Surprise!
Supreme Court Upholds Rule of Law


Lawrence v. Texas 1
Stogner  v. California 2
United States et al. v. American Library Association, Inc., et al 3
The Kansas "Romeo and Juliet" Case 4
Schools are Not Very Gay Places 5

In its final week of the recent session, the US Supreme Court handed down two decisions of extreme importance. In Stogner  v. California (01-1757) the court ruled that the government can’t retroactively void statutes of limitations in criminal cases.  In Lawrence v. Texas (02-102) it ruled that it is no longer a crime to be gay.

Technically the Lawrence decision held that the Texas statute which had made it a crime for two persons of the same sex to engage in certain intimate sexual conduct violates the Due Process Clause of the 14th Amendment.

In a decision filled with unusually strong and unequivocal phrases Justice Anthony Kennedy wrote: “The petitioners are entitled to respect for their private lives. The state cannot demean their existence or control their destiny by making their private sexual conduct a crime.” The drafters of the Constitution, he said, “knew times can blind us to certain truths and later generations can see that laws once thought necessary and proper in fact serve only to oppress. As the Constitution endures, persons in every generation can invoke its principles in their own search for greater freedom.”

This decision was joined by Justices Stevens, Souter, Ginsburg, and Breyer. Justice O’Connor concurred in overturning the Texas law, but did so under the narrower position taken in Romer v. Evans (which held that the state has no compelling interest in singling out gays for discrimination.) This was not surprising, as she had voted with the majority in the Bowers v. Hardwick case in 1986.
 Speaking of  that earlier case, Justice Kennedy wrote: “Bowers was not correct when it was decided and it is not correct today. It ought not to remain binding precedent. Bowers v. Hardwick should be, and is now, overruled.”
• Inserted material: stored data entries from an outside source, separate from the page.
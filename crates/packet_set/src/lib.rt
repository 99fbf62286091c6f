//! The set of packets in a file's metadata: which key of a mount's ring wraps the file key, and the file key.
#![tactic(auto)]

mod key_search;
mod own_pair;
mod pair;
mod ring;
mod spelled_sets;
#[cfg(test)]
mod tests;
mod wrapping;

pub use key_search::{Found, find_key};
pub use packet_model::MetadataError as SetError;
pub use ring::{OneKeyRing, Ring};
pub use spelled_sets::sets_are_read_as_spelled;
pub use wrapping::{unwrap, wrap, wrapping_is_one_to_one};
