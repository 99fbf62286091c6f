ghost use Rattle.std.specs.Prelude.{◌≡◌, ◌∷◌, [], List, Some, codes};
ghost use Rattle.key_model.specs.SignedKey.{SignedKey, keys, signatures};

use secret_key::Kek;
use std::fmt::{self, Debug, Formatter, Write};
use std::marker::Model;

/// The keys under which a mount reads files, each with its signature. So far it is one key.
pub trait Ring {
    ghost ring: { Self → List SignedKey };

    /// The signature of the key.
    fn signature(&self) -> [u8; 8]
        ensures { signatures (ring self.now) ≡ result ∷ [] };

    /// The key-encryption key.
    fn kek(&self) -> &Kek
        ensures { keys (ring self.now) ≡ result.now ∷ [] };
}

/// A ring of one key. It has to be ended. Contracts see the key with its signature.
pub struct OneKeyRing {
    kek: Kek,
    signature: [u8; 8],
}

impl Model for OneKeyRing {
    ghost Value = { SignedKey };

    ghost view = { λ r. record { signature = r.signature; key = r.kek } };
}

impl OneKeyRing {
    /// The ring of this key-encryption key, which has this signature.
    pub fn new(kek: Kek, signature: [u8; 8]) -> OneKeyRing
        ensures { result ≡ record { signature = signature; key = kek } }
    {
        OneKeyRing { kek, signature }
    }

    /// Spends the key.
    pub fn end(self) {
        let OneKeyRing { kek, signature: _ } = self;
        kek.spend();
    }
}

impl Ring for OneKeyRing {
    ghost ring = { λ r. r ∷ [] };

    fn signature(&self) -> [u8; 8] {
        self.signature
    }

    fn kek(&self) -> &Kek {
        &self.kek
    }
}

// The name alone.
impl Debug for OneKeyRing {
    ghost debug_output = { λ _. Some (codes "OneKeyRing") };

    fn fmt<W: Write>(&self, f: &mut Formatter<W>) -> fmt::Result {
        f.write_str("OneKeyRing")
    }
}
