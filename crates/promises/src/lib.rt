// What is promised of every run of calls, of every script and of mask files, and the scope's marked
// examples. No code: theorems alone.
#![tactic(auto)]
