// The loop that the programs share, a round at a time: the fields that have been read are served (crates/printing), and where none is left
// that is all there, more is read. What is written and what is left to serve is promised exactly, but for the bytes that a read gives.
#![tactic(auto)]

ghost use Rattle.std.specs.Prelude.{◌≡◌, ◌+◌, ◌≤◌, length};
ghost use Rattle.rules.specs.Numbers.{small};
ghost use Rattle.memory.specs.Layout.{size};
ghost use Rattle.stream.specs.Stream.{Right, Begins, Serves, Reads, Rounds};

use printing::{Reading, Span, turn};
use std::io::Read;

// The number of the next line, the window over the input's buffer, and how many bytes of lines wait to be written.
#[derive(Clone, Copy)]
pub struct Run {
    pub line: u64,
    pub window: Span,
    pub filled: usize,
}

// Three rooms by name: each size is in the clauses of who asks for it, and one function of a size would say no more than `[0; N]`.
// Room for the input: no field is longer than 65,538 bytes, so that a window without a whole field has room for more.
pub fn input_buffer() -> [u8; 131072]
    ensures { 131072 ≡ length result }
{
    [0; 131072]
}

// Room for the lines of one turn.
pub fn output_buffer() -> [u8; 65536]
    ensures { 65536 ≡ length result }
{
    [0; 65536]
}

// Room for tables of 20 threads and 20 blocks.
pub fn room() -> [u32; 656]
    ensures { 656 ≡ length result }
{
    [0; 656]
}

impl Run {
    // From a start: nothing is read yet.
    pub fn begin(m: &mut [u32]) -> Run
        requires { size small ≤ length m.old }
        ensures { Begins m.new result }
    {
        lending::start::start_in(m);
        Run {
            line: 1,
            window: Span {
                at: 0,
                held: 0,
                reading: Reading::Open,
            },
            filled: 0,
        }
    }

    // The fields in the window are served. `last`: nothing comes behind them.
    pub fn serve(self, m: &mut [u32], last: bool, input: &[u8], out: &mut [u8]) -> Run
        requires { Right m.old self (length input.now) (length out.old) × (self.line + length input.now ≤ 9223372036854775808) }
        ensures { Serves m.old self last input.now out.old out.new m.new result }
    {
        let window = self.window;
        let t = turn::turn(m, self.line, &input[window.at..window.held], last, out);
        Run {
            line: t.line,
            window: Span {
                at: window.at + t.used,
                ..window
            },
            filled: t.filled,
        }
    }

    // More is read behind the window.
    pub fn read_more<R: Read>(self, reader: &mut R, input: &mut [u8]) -> Run
        requires { (self.window.at ≤ self.window.held) × (self.window.held ≤ length input.old) }
        ensures { Reads self input.old input.new result }
    {
        Run {
            window: self.window.refill(reader, input),
            ..self
        }
    }

    // One round: lines to be written, or more read.
    pub fn round<R: Read>(
        self,
        reader: &mut R,
        m: &mut [u32],
        input: &mut [u8],
        out: &mut [u8],
    ) -> Run
        requires { Right m.old self (length input.old) (length out.old) × (self.line + length input.old ≤ 9223372036854775808) }
        ensures { Rounds m.old self input.old out.old m.new input.new out.new
            result }
    {
        let v = self.serve(m, false, input, out);
        if 0 < v.filled {
            return v;
        }
        v.read_more(reader, input)
    }
}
Because of the grounds upon which the majority decided it, because of the size of the majority and because of the strength of arguments given (even Justice Thomas, in his dissent from the majority opinion called this law “uncommonly silly”!) This is going to create hugely favorable shifts in the legal landscape for gays & lesbians and, eventually, for everyone.

Consider the “Don’t Ask, Don’t Tell” policy banning gays in the military if they do not keep their sexual orientation a secret even from their family. The military’s prohibition of homosexual conduct is rooted in the federal sodomy statute codified as Article 125 of the Uniform Code of Military Justice (UCMJ). That statute applies to both heterosexual and homosexual sodomy. Had the majority agreed with Justice O’Connor that this was an equal protection issue, the statute would remain in force. As it has now been effectively overturned, the military policy must be seriously called into question.

Consider adoptions by gays and lesbians. In states with anti-sodomy laws such adoptions were often impossible because the courts assumed gay people engaged in sexual activity the state declared to be criminal. The courts can no longer do this.

Consider how difficult it has been to get sexual orientation to be covered under hate crimes legislation. The thinking seemed to be that if homosexuals were illegal, they didn’t deserve to be protected.
 

The Kansas "Romeo and Juliet"Case

Consider the case of  Matthew Limon, whose 17 year sentence (for having, at age 18, consentual sex with a 14 year old boy) was vacated and returned to the Kansas courts “for further consideration in light of  Lawrence v. Texas.” Such wording is effectively an instruction to set aside the prison term imposed on Mr. Limon, and perhaps to take a close look at what has been called the state’s “Romeo and Juliet Law.” (The statute gained that moniker because it regards oral sex differently when it involves heterosexual teenage couples, as opposed to homosexual ones. When one member of the couple is aged 14 to 16 and the other is older, the act is statutory rape under the Kansas law and the most common penalty is probation if the two are heterosexual. But probation was not available to same-sex teenage couples.

Matthew Limon was one week past his 18th birthday in early 2000 when he performed oral sex on a 14-year-old boy at the center for developmentally disabled young people where they both lived. No violence or coercion was involved.

Had Mr. Limon performed oral sex on a 14-year-old girl, he could have received a prison sentence of about 15 months, and possibly just probation. Instead, he is now about three years into a 17-year sentence in the Ellsworth Correctional Facility. Under his sentence, he was also ordered to register as a sex offender upon his release.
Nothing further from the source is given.